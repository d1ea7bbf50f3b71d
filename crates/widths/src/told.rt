//! What narrowing a bundle answers.
ghost use Rattle.std.specs.Prelude.{◌≡◌, ◌++◌, ℕ, List, [], ◌∷◌, IfOk, IfSome, true, false};
ghost use Rattle.widths.specs.Cutting.{Suits};
ghost use Rattle.profile.specs.declared.rules.Rule.{Rule as TheRule};
ghost use Rattle.widths.specs.Narrow as spec;
ghost use Rattle.widths.specs.Lowered.{AreLowered};
ghost use Rattle.widths.specs.Narrowed.{AreNarrowed};
ghost use Rattle.wording.specs.Told.{was_done};

use crate::narrowing::{
    CutError, Plan, WHOLE, add_narrowed, fitting_stay, is_narrowed_of, lowered_rule, suits,
};
use crate::plans::plan_of;
use crate::written::{Draft, written};
use call_tables::call_name;
use machines::Arch;
use profile::{Profile, Rule};
use profile_json::{Bundle, Document, ProfileError, read_bundle};
use std::alloc::{AllocError, Global};
use wording::{End, Told, refused_profile};

/// A bundle of a narrowed profile, or why there is none, and what was changed, a line each.
#[derive(Drop)]
pub struct Narrowing {
    pub told: Told,
    pub changes: String,
}

// What tells that there is no bundle, and nothing more on standard output.
fn nothing(alloc: Global) -> Told
    ensures { was_done result.end ≡ false }
{
    Told {
        bytes: Vec::new(alloc),
        end: End::No,
    }
}

// To how many bits a rule's arguments are cut.
fn plan_of_rule(machines: &[Arch], rule: &Rule) -> Plan {
    match call_name(rule.arch, rule.nr) {
        Some(name) => plan_of(machines, name, rule.conds.as_slice()),
        None => [WHOLE; 6],
    }
}

// The lowered rules of a list, unless one has an order with a value that its argument cannot have.
fn lowered_rules(
    alloc: Global,
    machines: &[Arch],
    rules: &[Rule],
) -> Result<Option<Vec<Rule>>, AllocError>
    ensures { IfOk result (λ found. IfSome found (λ lowers. AreLowered lowers.items rules.now)) }
{
    let mut lowers = Vec::new(alloc);
    for rule in rules {
        let plan = plan_of_rule(machines, rule);
        let Some(lower) = lowered_rule(rule, &plan)? else {
            return Ok(None);
        };
        lowers.push(lower)?;
    }
    Ok(Some(lowers))
}

// Adds the narrowed rules of one rule, unless they are too many.
fn add(
    alloc: Global,
    narrowed: &mut Vec<Rule>,
    rule: &Rule,
    plan: &Plan,
) -> Result<bool, AllocError>
    requires { Suits plan.now rule.now }
    ensures { IfOk result (λ done. done ≡ true → (before : List TheRule) → AreNarrowed before narrowed.old.items
        → AreNarrowed (before ++ rule.now ∷ []) narrowed.new.items) }
{
    match add_narrowed(alloc, narrowed, rule, plan) {
        Ok(()) => Ok(true),
        Err(CutError::TooMany) => Ok(false),
        Err(CutError::OutOfMemory) => Err(AllocError),
    }
}

// The narrowed rules of a list, unless they are too many, or machines of one call read unlike numbers of bits.
fn narrowed_rules(
    alloc: Global,
    machines: &[Arch],
    rules: &[Rule],
) -> Result<Option<Vec<Rule>>, AllocError>
    ensures { IfOk result (λ found. IfSome found (λ narrowed. AreNarrowed rules.now narrowed.items)) }
{
    let mut narrowed = Vec::new(alloc);
    for rule in rules {
        let plan = plan_of_rule(machines, rule);
        if !suits(rule, &plan) {
            return Ok(None);
        }
        let done = add(alloc, &mut narrowed, rule, &plan)?;
        if !done {
            return Ok(None);
        }
    }
    Ok(Some(narrowed))
}

// The bundle, if it is read and is seen to mean the narrowed profile.
fn confirmed(
    alloc: Global,
    native: Arch,
    profile: &Profile,
    lowers: &[Rule],
    rules: &[Rule],
    text: String,
) -> Result<Told, AllocError>
    requires lowered { AreLowered lowers.now profile.now.rules }
    requires narrowed { AreNarrowed lowers.now rules.now }
    ensures { (bundle : List ℕ) → spec.IsBundle native bundle profile.now → IfOk result (spec.IsTold native bundle) }
{
    fitting_stay();
    match read_bundle(alloc, text.as_bytes(), native) {
        Ok(read) => {
            let is_narrowed = is_narrowed_of(profile, lowers, &read.profile, rules);
            Ok(Told {
                bytes: text.into_bytes(),
                end: End::of(is_narrowed),
            })
        }
        Err(error) => refused_profile(alloc, error),
    }
}

// The bundle, if it is seen to mean the narrowed profile. Nothing, if the lowered rules cannot be narrowed.
fn checked_lowered(
    alloc: Global,
    native: Arch,
    profile: &Profile,
    lowers: &[Rule],
    text: String,
) -> Result<Told, AllocError>
    requires { AreLowered lowers.now profile.now.rules }
    ensures { (bundle : List ℕ) → spec.IsBundle native bundle profile.now → IfOk result (spec.IsTold native bundle) }
{
    match narrowed_rules(alloc, profile.machines(), lowers)? {
        Some(rules) => confirmed(alloc, native, profile, lowers, &rules, text),
        None => Ok(nothing(alloc)),
    }
}

// The bundle, if it is seen to mean the narrowed profile. Nothing, if the rules cannot be lowered or narrowed.
fn checked(alloc: Global, native: Arch, profile: &Profile, text: String) -> Result<Told, AllocError>
    ensures { (bundle : List ℕ) → spec.IsBundle native bundle profile.now → IfOk result (spec.IsTold native bundle) }
{
    match lowered_rules(alloc, profile.machines(), profile.rules())? {
        Some(lowers) => checked_lowered(alloc, native, profile, &lowers, text),
        None => Ok(nothing(alloc)),
    }
}

// The bundle that was written, if all of it could be.
fn told_for(
    alloc: Global,
    native: Arch,
    profile: &Profile,
    text: String,
    is_refused: bool,
) -> Result<Told, AllocError>
    ensures { (bundle : List ℕ) → spec.IsBundle native bundle profile.now → IfOk result (spec.IsTold native bundle) }
{
    if is_refused {
        return Ok(nothing(alloc));
    }
    checked(alloc, native, profile, text)
}

// The narrowed bundle of one that was read.
fn narrowed_of(alloc: Global, document: &Document, bundle: &Bundle) -> Result<Narrowing, AllocError>
    requires { spec.IsBundle document.now.native document.now.bytes bundle.now.profile }
    ensures { IfOk result (spec.IsNarrow document.now.native document.now.bytes) }
{
    let Draft {
        text,
        changes,
        is_refused,
    } = written(alloc, document, bundle)?;
    let told = told_for(alloc, document.native(), &bundle.profile, text, is_refused)?;
    Ok(Narrowing { told, changes })
}

// What tells why a bundle is refused.
fn refused(alloc: Global, error: ProfileError) -> Result<Narrowing, AllocError>
    ensures { IfOk result (λ narrowing. was_done narrowing.told.end ≡ false) }
{
    Ok(Narrowing {
        told: refused_profile(alloc, error)?,
        changes: String::new(alloc),
    })
}

/// Makes a bundle of another: it means the narrowed profile.
pub fn narrow(alloc: Global, document: &Document) -> Result<Narrowing, AllocError>
    ensures { IfOk result (spec.IsNarrow document.now.native document.now.bytes) }
{
    match document.bundle() {
        Ok(bundle) => narrowed_of(alloc, document, bundle),
        Err(error) => refused(alloc, error),
    }
}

> [Assigned task]: Using the data above, reproduce exactly the lines between those holding "arguments are cut." and "None => [WHOLE;", inclusive, and no others.

> [Written answer]:
// To how many bits a rule's arguments are cut.
fn plan_of_rule(machines: &[Arch], rule: &Rule) -> Plan {
    match call_name(rule.arch, rule.nr) {
        Some(name) => plan_of(machines, name, rule.conds.as_slice()),
        None => [WHOLE; 6],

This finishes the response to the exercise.